I’m a fan of George Orwell. I think one of the most important pieces of writing in the English language, for example, is his set of rules for how to make the perfect cup of tea. In fact, I sometimes wonder whether people can really make a cup of tea, and therefore participate in civilised society, without following those rules; I often ungraciously request that my friends read Orwell’s piece before I permit them to hand me a brew.

Because of this general affinity for Orwell’s work, it’s always with some sadness that I look over his prescriptions for what constitutes good writing. He distils these into six rules:

  1. Never use a metaphor, simile, or other figure of speech which you are used to seeing in print.
  2. Never use a long word where a short one will do.
  3. If it is possible to cut a word out, always cut it out.
  4. Never use the passive where you can use the active.
  5. Never use a foreign phrase, a scientific word, or a jargon word if you can think of an everyday English equivalent.
  6. Break any of these rules sooner than say anything outright barbarous.

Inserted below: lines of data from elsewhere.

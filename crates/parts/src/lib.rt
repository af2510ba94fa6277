// Blocks in the bytes that hold them: the tests that every block's header gets, and the walk from block to block.
#![tactic(auto)]

ghost use Rattle.std.specs.Prelude.{◌≡◌, ◌≤◌, length, take, drop};
ghost use Rattle.rules.specs.Limits.{last_edition, up_to};
ghost use Rattle.rules.specs.Bytes.{be_at};
ghost use Rattle.rules.specs.Parts.{after, part};
ghost use Rattle.laws.specs.Blocks.{block_at};
ghost use Rattle.parts.specs.Places.{head_refusal, front_refusal, Held, Walkable};

use rules::{LAST_EDITION, Refusal, VERSION_AT};

// Whether an index may have that version.
pub fn known(version: u32) -> bool
    ensures { result ≡ up_to last_edition version }
{
    if version == 0 {
        return false;
    }
    version <= LAST_EDITION
}

// The first three tests of a block whose header has h bytes: bytes enough, their number stated, and a version of 1 to
// `last`.
pub fn check_head(block: &[u8], h: usize, last: u8) -> Result<(), Refusal>
    requires { 5 ≤ h }
    ensures { result ≡ head_refusal h last block.now }
{
    if block.len() < h {
        return Err(Refusal::Short);
    }
    if numbers::read_u32(block, 0) as usize != block.len() {
        return Err(Refusal::Length);
    }
    if block[VERSION_AT] == 0 {
        return Err(Refusal::Version);
    }
    if last < block[VERSION_AT] {
        return Err(Refusal::Version);
    }
    Ok(())
}

// Whether the block at byte `at`, whose header has h bytes, lies within the bytes.
pub fn check_front(s: &[u8], at: usize, h: usize) -> Result<(), Refusal>
    requires { (at ≤ length s.now) × (4 ≤ h) }
    ensures { result ≡ front_refusal h (drop at s.now) }
{
    let left = s.len() - at;
    if left < h {
        return Err(Refusal::Short);
    }
    let size = numbers::read_u32(s, at) as usize;
    if size < h {
        return Err(Refusal::Length);
    }
    if left < size {
        return Err(Refusal::Length);
    }
    Ok(())
}

// The block at byte `at`.
pub fn part_at(s: &[u8], at: usize) -> &[u8]
    requires { Held at s.now }
    ensures { result.now ≡ take (be_at 4 s.now at) (drop at s.now) }
{
    let to = at + numbers::read_u32(s, at) as usize;
    &s[at..to]
}

// The bytes from block number k on, found by the lengths that the blocks before it state; the first starts at byte
// `from`. What is left is walked as a part of its own, so that each length is read at its front.
pub fn blocks_from(s: &[u8], from: usize, k: usize) -> &[u8]
    requires { Walkable from k s.now }
    ensures { result.now ≡ after k (drop from s.now) }
{
    let mut rest = &s[from..];
    for _ in 0..k {
        let size = numbers::read_u32(rest, 0) as usize;
        rest = &rest[size..];
    }
    rest
}

// Where block number k starts.
fn block_start(s: &[u8], from: usize, k: usize) -> usize
    requires { Walkable from k s.now }
    ensures { result ≡ block_at from k s.now }
{
    s.len() - blocks_from(s, from, k).len()
}

// Block number k itself.
pub fn block_of(s: &[u8], from: usize, k: usize) -> &[u8]
    requires { Walkable from k s.now }
    ensures { result.now ≡ part k (drop from s.now) }
{
    part_at(s, block_start(s, from, k))
}
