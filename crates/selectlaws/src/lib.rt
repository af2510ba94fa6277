// The counts of ones in a word's bytes, and the laws by which they give the place of a one.
#![tactic(auto)]
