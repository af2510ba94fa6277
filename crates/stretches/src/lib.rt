// A stretch of the next 256 elements of a word's lists: the sums of its counts, and the places of its positions.
#![tactic(auto)]

ghost use Rattle.std.specs.Prelude.{true, ◌≡◌, ◌+◌, ◌^◌, ◌≤◌, ◌<◌, length, take, drop, replicate};
ghost use Rattle.rules.specs.Limits.{limit};
ghost use Rattle.rules.specs.Term.{total, sums, positive};
ghost use Rattle.wordlaws.specs.Stretch.{headed, marks_of, base_at, Marked, Bounded, Based};
ghost use Rattle.wordlaws.specs.Stretch.{NextSums, FirstSpot, HasSpot, NextPlaces};

use wordlaws::{Spot, Tally, Turn};

// Puts the sums of the counts, less 1, into the part, where `before` is the sum of those before them; gives the sum.
fn put_sums(part: &mut [u32; 256], before: usize, counts: &[u32]) -> usize
    requires { (length counts.now ≤ 256) × (positive counts.now ≡ true)
        × (before + total counts.now ≤ limit) }
    ensures { (result ≡ before + total counts.now)
        × (take (length counts.now) part.new ≡ sums before counts.now) }
{
    let mut sum = before;
    for (i, &c) in counts.iter().enumerate() {
        sum += c as usize;
        part[i] = (sum - 1) as u32;
    }
    sum
}

// Puts the sums of the next 256 counts, less 1, into the part; gives where the ones behind them start.
pub fn next_sums(part: &mut [u32; 256], counts: &[u32], at: Tally) -> Tally
    requires { (at.done ≤ length counts.now) × (length counts.now ≤ limit)
        × (positive counts.now ≡ true) × (at.sum + total (drop at.done counts.now) ≤ limit) }
    ensures { NextSums counts.now at result part.new }
{
    let from = at.done;
    let to = from + (counts.len() - from).min(256);
    let sum = put_sums(part, at.sum, &counts[from..to]);
    Tally { done: to, sum }
}

// Where the first page ends; 1 where there is none.
fn first_end(counts: &[u32]) -> usize
    ensures { (headed result counts.now ≡ counts.now) × (result ≤ 2 ^ 32)
        × (positive counts.now ≡ true → 0 < result) }
{
    if counts.len() == 0 {
        return 1;
    }
    counts[0] as usize
}

// Marks with 1 which of 256 positions are the last of their page; gives the page that the next 256 start on.
fn mark(part: &mut [u32; 256], counts: &[u32], start: Turn) -> Turn
    requires { (part.old ≡ replicate 256 0) × (start.page < length counts.now) × (0 < start.end)
        × (start.end ≤ 2 ^ 32) × (positive counts.now ≡ true) }
    ensures { Marked counts.now start result part.new }
{
    let mut page = start.page;
    let mut end = start.end;
    // A step is a page's count: no iterator gives it.
    while end <= 256 {
        part[end - 1] = 1;
        page += 1;
        if page == counts.len() {
            return Turn { page, end };
        }
        end += counts[page] as usize;
    }
    Turn {
        page,
        end: end - 256,
    }
}

// Puts elements in the place of marks, each its position above its page's base; gives the base behind them.
fn put_places(part: &mut [u32; 256], start: usize, positions: &[u32]) -> usize
    requires { (length positions.now ≤ 256) × Bounded start part.old positions.now }
    ensures { (result
        ≡ base_at start (marks_of part.old) positions.now (length positions.now))
        × Based start part.old positions.now part.new }
{
    let mut base = start;
    for (i, &position) in positions.iter().enumerate() {
        let p = position as usize;
        let step = part[i] as usize * (p + 1);
        part[i] = (base + p) as u32;
        base += step;
    }
    base
}

// Where the first positions start, on a page with this base.
pub fn first_spot(counts: &[u32], base: usize) -> Spot
    ensures { FirstSpot base counts.now result }
{
    Spot {
        done: 0,
        turn: Turn {
            page: 0,
            end: first_end(counts),
        },
        base,
    }
}

// Puts the elements of the next 256 positions into the part; gives where the ones behind them start.
pub fn next_places(part: &mut [u32; 256], counts: &[u32], positions: &[u32], at: Spot) -> Spot
    requires { (part.old ≡ replicate 256 0) × (at.done < length positions.now)
        × HasSpot counts.now positions.now at }
    ensures { NextPlaces counts.now positions.now at result part.new }
{
    let done = at.done;
    let k = (positions.len() - done).min(256);
    let turn = mark(part, counts, at.turn);
    let base = put_places(part, at.base, &positions[done..done + k]);
    Spot {
        done: done + k,
        turn,
        base,
    }
}
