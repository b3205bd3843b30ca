// The training table, above the sender: an attempt at loading it goes in by value and comes back.
//
// An attempt is four messages, one at a time: `attempt::message` gives the next one in a lent output, offered and ready
// to be sent any number of times; `attempt::take` takes an answer to it, and says what comes next, or how the attempt
// ended. The mark is set only after every row came back as sent.
#![tactic(auto)]

pub mod attempt;
mod judging;
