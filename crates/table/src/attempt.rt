// An attempt at loading the table: its next message, and what an answer makes of it. Every call takes any attempt, any
// buffers and any answer, and refuses by number.
ghost use Rattle.std.specs.Prelude.{◌≡◌, length};
ghost use Rattle.table.specs.Calls.{beginning, message_fault, due_by, offered_of, answered_of};
ghost use Rattle.table.specs.Calls.{made_of, made_to, taken_of};

use crate::judging;
use header::limits;
use header::refusal::Refusal;
use initiator::sender::Sender;
use layout::{Stage, writing};

// What an attempt comes to.
#[derive(Clone, Copy)]
pub enum Next {
    // the message of this stage is to be sent
    Send(Stage),
    // every row came back as sent, and the mark is set
    Done,
    // it failed: the row's number, 25 for the mark
    Ended(u8),
}

// The sender, and what comes next.
#[derive(Clone, Copy)]
pub struct Attempt {
    pub sender: Sender,
    pub next: Next,
}

// A message that was made and offered: its length in bytes, and the attempt then.
#[derive(Drop)]
pub struct Offered {
    pub length: usize,
    pub attempt: Attempt,
}

impl Attempt {
    // An attempt begins, with the sender that a life of the loader begins with. No message may wait there: its answer
    // could be taken for the clearing's. Where one does, the attempt's sender is one that 37 stops, so that every
    // message and every answer is refused.
    pub fn begin(sender: Sender) -> Attempt
        ensures { result ≡ beginning sender }
    {
        let sender = if sender.waiting == 0 {
            sender
        } else {
            Sender::stopped()
        };
        Attempt {
            sender,
            next: Next::Send(Stage::Clear),
        }
    }

    // The stage whose message is to be sent: 40; 37; 36 where one waits; 30 where the attempt is done or has ended; 21.
    #[tactic(auto, unfolding(crate::specs::Calls::message_fault))]
    fn due(self, start: u64, room: u64, long: usize) -> Result<Stage, Refusal>
        ensures { result ≡ due_by self.next (message_fault self start room long) }
    {
        layout::set_up(start, room)?;
        self.sender.checked()?;
        if self.sender.waiting != 0 {
            return Err(Refusal::of(Refusal::OFFERING));
        }
        let Next::Send(stage) = self.next else {
            return Err(Refusal::of(Refusal::NONE_WAITS));
        };
        if long < limits::LIMIT_BYTES {
            return Err(Refusal::of(Refusal::BUILDING));
        }
        Ok(stage)
    }
}

// The next message of an attempt, in the output, under the tag that offering asks; it then waits at the attempt's
// sender. 40; 37; 36 where a message waits; 30 where the attempt is done or has ended; 21. Behind the message the
// output stays; refused, all of it, and the attempt.
pub fn message(
    out: &mut [u8],
    attempt: Attempt,
    start: u64,
    room: u64,
    rows: &[u32; 168],
) -> Result<Offered, Refusal>
    ensures { (result ≡ offered_of (made_of attempt start room rows.now out.old)) ×
        (out.new ≡ made_to attempt start room rows.now out.old) }
{
    let stage = attempt.due(start, room, out.len())?;
    let tag = u32::from(attempt.sender.next);
    let length = writing::write(out, tag, start, room, rows, stage)?;
    // never refused: `due` asked all of it
    let sender = attempt
        .sender
        .offer(&out[..length])
        .unwrap_or(attempt.sender);
    let attempt = Attempt {
        sender,
        next: attempt.next,
    };
    Ok(Offered { length, attempt })
}

// Takes an answer to the lent message: 37, 30, 31, 32 to 35, as the sender does. Refused, the attempt is as it was;
// accepted, it goes on to its next message, is done, or has ended with the row's number, 25 for the mark.
pub fn take(
    attempt: Attempt,
    message: &[u8],
    answer: &[u8],
    rows: &[u32; 168],
) -> Result<Attempt, Refusal>
    ensures { result ≡ answered_of (taken_of attempt message.now answer.now rows.now) }
{
    let progress = attempt.sender.take(message, answer)?;
    Ok(Attempt {
        sender: progress.sender,
        next: judging::next_by(message, answer, rows, attempt.next),
    })
}
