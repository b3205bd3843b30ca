// What an accepted answer makes of an attempt.
ghost use Rattle.std.specs.Prelude.{◌≡◌, ◌<◌, ℕ};
ghost use Rattle.table.specs.Attempt.{is_ok, read_row, marking, next_of, next_by};
ghost use Rattle.table.specs.Attempt.{told_of};
ghost use Rattle.table.specs.Comparing.{Compares, Goes};

use crate::attempt::Next;
use answer::Status;
use initiator::outcome;
use layout::Stage;

// Whether command k ended OK.
fn ok_at(message: &[u8], answer: &[u8], k: usize) -> bool
    ensures { result ≡ is_ok ((told_of message.now answer.now).ending k) }
{
    matches!(outcome::ended(message, answer, k), Some(Status::Ok))
}

// Whether a part of an answer is these words. By a `for`: of `all` it would be left to prove that its run is `same`.
fn same_words(part: &[u8], row: &[u32]) -> bool
    ensures { Compares part.now row.now result }
{
    if part.len() / 4 != row.len() {
        return false;
    }
    for j in 0..row.len() {
        if word::word_at(part, j) != row[j] {
            return false;
        }
    }
    true
}

// Whether row i, counted from 0, came back as sent.
fn came_back(message: &[u8], answer: &[u8], rows: &[u32; 168], i: usize) -> bool
    requires { i < 24 }
    ensures { result ≡ read_row rows.now (told_of message.now answer.now) i }
{
    ok_at(message, answer, i)
        && same_words(
            outcome::read_data(message, answer, i),
            &layout::row_of(rows, i),
        )
}

// The mark written, or 25.
#[tactic(auto, unfolding(crate::specs::Attempt::marking))]
fn mark_told(message: &[u8], answer: &[u8], on: Next) -> Next
    ensures { result ≡ marking (told_of message.now answer.now) on }
{
    if ok_at(message, answer, 0) {
        return on;
    }
    Next::Ended(25)
}

// Goes on where every row is well; else the first that is not ends it. By a `for`: the proof
// of `find` wants a `well` that may be asked of any number, and here it may be asked of rows alone.
fn through<F: Fn(usize) -> bool>(on: Next, well: F) -> Next
    requires { (i : ℕ) → i < 24 → F.pre well i }
    ensures { Goes (F.post well) on result }
{
    for i in 0..layout::ROWS {
        if !well(i) {
            return Next::Ended(i as u8 + 1);
        }
    }
    on
}

// What follows a stage whose message got this answer: the rows are written, and come back as sent.
#[tactic(auto, unfolding(crate::specs::Attempt::next_of, crate::specs::Attempt::wrote_row))]
fn next_of(message: &[u8], answer: &[u8], rows: &[u32; 168], stage: Stage) -> Next
    ensures { result ≡ next_of rows.now stage (told_of message.now answer.now) }
{
    match stage {
        Stage::Clear => mark_told(message, answer, Next::Send(Stage::Rows)),
        Stage::Rows => through(Next::Send(Stage::Back), |i| ok_at(message, answer, i)),
        Stage::Back => through(Next::Send(Stage::Mark), |i| {
            came_back(message, answer, rows, i)
        }),
        Stage::Mark => mark_told(message, answer, Next::Done),
    }
}

// What follows an answer; an attempt that is done or has ended stays so.
pub(crate) fn next_by(message: &[u8], answer: &[u8], rows: &[u32; 168], next: Next) -> Next
    ensures { result ≡ next_by rows.now next (told_of message.now answer.now) }
{
    match next {
        Next::Send(stage) => next_of(message, answer, rows, stage),
        Next::Done | Next::Ended(_) => next,
    }
}
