// Replays a recorded night from standard input: reads a record, has it played, writes its line; then the last line.
// What a record is and what its line says is the library's.
#![tactic(auto)]

use night::{Line, Night};
use show::Out;

// The descriptor of standard input.
const STDIN: i32 = 0;

fn main() {
    let mut night = Night::start();
    let mut recorded = [0u8; night::RECORD];
    let mut line = Line::over([0; night::LINE]);
    for k in 1..=u64::MAX {
        // The input may end within a record, which `read_exact` would make an error.
        let n = io::read_full(STDIN, &mut recorded);
        let more = night.play(k, show::front(&recorded, n), &mut line);
        let _written = Out.write_all(line.text());
        if !more {
            break;
        }
    }
    night.last(&mut line);
    let _written = Out.write_all(line.text());
}
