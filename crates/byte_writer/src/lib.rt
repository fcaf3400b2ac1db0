// Bytes written into an area that the caller lends: a byte, a text, the decimal digits of a number, a number in bytes.
// What is written goes from a place on, as far as the area goes, and the next place is the one after it.
#![tactic(auto)]

ghost use Rattle.std.specs.Prelude.{◌≡◌, ◌∷◌, [], ◌+◌, ◌^◌, ◌<◌, length, drop};
ghost use Rattle.rules.specs.Rules.Listing.{decimal};
ghost use Rattle.rules.specs.Rules.Encoding.{bytes_of};
ghost use Rattle.byte_writer.specs.Writing.{Put};
ghost use Rattle.byte_writer.specs.Writers.{Starts, HasRoom, Writes};

// A number of 64 bits has at most 20 decimal digits; this is the place of the last.
const LAST: usize = 19;

// On an area and a place, as `put_number`: who calls them stores a byte at an earlier place too, or has a place from elsewhere, so that a writer would be
// made anew for each call.
pub fn put_byte(out: &mut [u8], at: usize, byte: u8) -> usize
    requires { at + 1 < 2 ^ 64 }
    ensures { Put out.old at (byte ∷ []) out.new result }
{
    if at < out.len() {
        out[at] = byte;
    }
    at + 1
}

// A number in k bytes, the lowest first.
pub fn put_number(out: &mut [u8], at: usize, n: u64, k: usize) -> usize
    requires { at + k < 2 ^ 64 }
    ensures { Put out.old at (bytes_of k n) out.new result }
{
    let mut next = at;
    let mut rest = n;
    for _ in 0..k {
        next = put_byte(out, next, (rest % 256) as u8);
        rest /= 256;
    }
    next
}

// The decimal digits of a number, lowest last, at the end of the buffer; the result is where they start. The number ends this loop, not
// the buffer, so it counts its place down by hand.
fn find_digits(buffer: &mut [u8], n: u64) -> usize
    requires { length buffer.old ≡ 20 }
    ensures { (result < 20) × (drop result buffer.new ≡ decimal n) }
{
    let mut rest = n;
    let mut i = LAST;
    while 10 <= rest {
        buffer[i] = b'0' + (rest % 10) as u8;
        rest /= 10;
        i -= 1;
    }
    buffer[i] = b'0' + rest as u8;
    i
}

// A lent area, and the place in it that is written next.
#[derive(Drop)]
pub struct Writer<'a> {
    pub out: &'a mut [u8],
    pub at: usize,
}

impl<'a> Writer<'a> {
    pub fn new(out: &'a mut [u8]) -> Writer<'a>
        ensures { Starts out.entry result }
    {
        Writer { out, at: 0 }
    }

    pub fn put_byte(&mut self, byte: u8)
        requires { HasRoom self.old (byte ∷ []) }
        ensures { Writes self.old (byte ∷ []) self.new }
    {
        self.at = put_byte(self.out, self.at, byte);
    }

    pub fn put_text(&mut self, bytes: &[u8])
        requires { HasRoom self.old bytes.now }
        ensures { Writes self.old bytes.now self.new }
    {
        for &byte in bytes {
            self.put_byte(byte);
        }
    }

    pub fn put_decimal(&mut self, n: u64)
        requires { HasRoom self.old (decimal n) }
        ensures { Writes self.old (decimal n) self.new }
    {
        let mut buffer = [0u8; LAST + 1];
        let first = find_digits(&mut buffer, n);
        self.put_text(&buffer[first..]);
    }
}
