//! The header of a stream (EXI 1.0, section 5).
//!
//! ```text
//!  $EXI      10        1 or 0       0       0000      options document      0..
//!  └ cookie  └ tells   └ whether    └ no    └ the     └ where the bit       └ up to a whole byte, where
//!    maybe     EXI       options      pre-    first     says so               the stream is byte-aligned
//!                        follow       view    version
//! ```
//!
//! [`read_header`] reads it and says where the body begins; [`write_header`] writes it. The options document itself is
//! that of `exi_options`.
#![tactic(auto)]

mod header;
pub mod laws;
mod read;
mod write;

pub use header::Header;
pub use read::read_header;
pub use write::write_header;
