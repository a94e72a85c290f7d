//! The case of event texts: how many events a text has, and whether they are printed as it.
//!
//! ```text
//! events HEX     N events, printed the same; N events; or Syntax LINE
//! ```

use exi_cases::fields::bytes_of;
use exi_evtext::{parse_events, push_event};
use exi_names::{Event, TextStop};
use std::alloc::{AllocError, Global};

/// `events HEX`
pub fn answer(alloc: Global, fields: &[&str]) -> Result<Option<String>, AllocError> {
    let ["events", hex] = fields else {
        return Ok(None);
    };
    match bytes_of(alloc, hex)? {
        Some(bytes) => Ok(Some(parsed(alloc, bytes.as_slice())?)),
        None => Ok(None),
    }
}

/// The answer for a text.
fn parsed(alloc: Global, bytes: &[u8]) -> Result<String, AllocError> {
    match parse_events(alloc, bytes) {
        Ok(events) => told(alloc, events.as_slice(), bytes),
        Err(TextStop::Syntax(line)) => format!(in alloc; "Syntax {line}"),
        Err(TextStop::Memory) => Err(AllocError),
    }
}

/// How many they are, and whether they are printed as the text.
fn told(alloc: Global, events: &[Event], bytes: &[u8]) -> Result<String, AllocError> {
    let count = events.len();
    let printed = print(alloc, events)?;
    if printed.as_bytes() == bytes {
        return format!(in alloc; "{count} events, printed the same");
    }
    format!(in alloc; "{count} events")
}

/// The lines of events.
fn print(alloc: Global, events: &[Event]) -> Result<String, AllocError> {
    let mut all = String::new(alloc);
    for event in events {
        push_event(&mut all, &event.as_ref())?;
    }
    Ok(all)
}
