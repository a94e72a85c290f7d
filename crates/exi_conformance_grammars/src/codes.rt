//! The case of event codes: the states of a stream without a schema, under the option flags.
//!
//! Each state is its letter and then its productions in the order of their codes: `D`, `C` and `E` are the states of a
//! document, `F` the content of a fragment, `S` and `T` the start tag and the content of an element.

ghost use Rattle.std.specs.Prelude.{◌≡◌, false};
ghost use Rattle.exi_builtin.specs.Learning.{IsRoom};
ghost use Rattle.exi_gram.specs.Switches.{conflicts};

use exi_builtin::{Learnable, LookUp, Overlay, Room};
use exi_cases::options::options_of;
use exi_codes::book;
use exi_gram::{Book, Code, Options, Terminal};
use exi_names::NameId;
use exi_schema::no_schema;
use std::alloc::{AllocError, Global};

/// `codes FLAGS`
pub fn answer(alloc: Global, fields: &[&str]) -> Result<Option<String>, AllocError> {
    let ["codes", flags] = fields else {
        return Ok(None);
    };
    let Some(options) = options_of(flags) else {
        return Ok(None);
    };
    let mut all = String::from_str(alloc, "codes")?;
    built_in(alloc, &mut all, &options)?;
    document(alloc, &mut all, options)?;
    Ok(Some(all))
}

/// The states of an element, and of a fragment.
fn built_in(alloc: Global, all: &mut String, options: &Options) -> Result<(), AllocError> {
    let mut overlay = Overlay::new(alloc, LookUp::ByCode);
    let number = overlay.grammar(NameId { uri: 0, local: 0 })?;
    push_room(alloc, all, "S", &overlay, Room::StartTag(number), options)?;
    push_room(alloc, all, "T", &overlay, Room::Content(number), options)?;
    push_room(alloc, all, "F", &overlay, Room::Fragment, options)
}

/// A state of the built-in grammars behind its letter.
fn push_room(
    alloc: Global,
    all: &mut String,
    letter: &str,
    overlay: &Overlay,
    room: Room,
    options: &Options,
) -> Result<(), AllocError>
    requires room { IsRoom overlay.now room }
{
    let list = overlay.codes(room, options)?;
    push_list(alloc, all, letter, list.as_slice())
}

/// The states of a document.
fn document(alloc: Global, all: &mut String, options: Options) -> Result<(), AllocError>
    requires no_conflict { conflicts options ≡ false }
{
    let book = book(alloc, no_schema(alloc)?, options)?;
    push_states(alloc, all, &book)
}

/// The states of a book, each behind its letter.
fn push_states(alloc: Global, all: &mut String, book: &Book) -> Result<(), AllocError> {
    for grammar in book.states() {
        for (state, letter) in grammar.as_slice().iter().zip(["D", "C", "E"]) {
            push_letter(all, letter)?;
            for coded in state.coded() {
                push(alloc, all, coded.code, terminal_word(&coded.production.on))?;
            }
        }
    }
    Ok(())
}

fn push_letter(all: &mut String, letter: &str) -> Result<(), AllocError> {
    all.push(' ')?;
    all.push_str(letter)
}

/// A state's letter, and its productions.
fn push_list(
    alloc: Global,
    all: &mut String,
    letter: &str,
    list: &[(Code, Learnable)],
) -> Result<(), AllocError> {
    push_letter(all, letter)?;
    for (code, production) in list {
        push(alloc, all, *code, word(*production))?;
    }
    Ok(())
}

/// A code, its parts joined by points, and what is read by it.
fn push(alloc: Global, all: &mut String, code: Code, word: &str) -> Result<(), AllocError> {
    let text = match code {
        Code::One(a) => format!(in alloc; " {a} {word}")?,
        Code::Two(a, b) => format!(in alloc; " {a}.{b} {word}")?,
        Code::Three(a, b, c) => format!(in alloc; " {a}.{b}.{c} {word}")?,
    };
    all.push_str(text.as_str())
}

/// What a built-in grammar reads.
fn word(production: Learnable) -> &'static str {
    match production {
        Learnable::Known(_, false) => "SE",
        Learnable::Known(_, true) => "AT",
        Learnable::SeAny => "SE*",
        Learnable::AtAny => "AT*",
        Learnable::Ch(_) => "CH",
        Learnable::Ee(_) => "EE",
        Learnable::Ed => "ED",
        Learnable::Ns => "NS",
        Learnable::Sc => "SC",
        Learnable::Er => "ER",
        Learnable::Cm => "CM",
        Learnable::Pi => "PI",
    }
}

/// What a document reads outside its root; `?` for what only a schema has.
fn terminal_word(on: &Terminal) -> &'static str {
    match on {
        Terminal::Sd => "SD",
        Terminal::Ed => "ED",
        Terminal::SeAny => "SE*",
        Terminal::Cm => "CM",
        Terminal::Pi => "PI",
        Terminal::Dt => "DT",
        _ => "?",
    }
}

They cause me sadness because I know full well that I violate rules one through five fairly regularly – a violation that I justify by appealing to rule six. I recognise that my own style of writing – my modus scribendi – is all-too-often characterised by florid and pleonastic writing. ← There you have it: twenty-one words in a sentence that would make Orwell spill his impeccably brewed tea all over his morning copy of Pravda. Cliché? Check. Aureate prose? Unquestionably. Prolixity? Naturally. Passive voice? Colour me checked. Argot? Affirmative. And yet, aside from being inelegantly constructed, I don’t see much of a problem with it. It conveys the point clearly, albeit pretentiously.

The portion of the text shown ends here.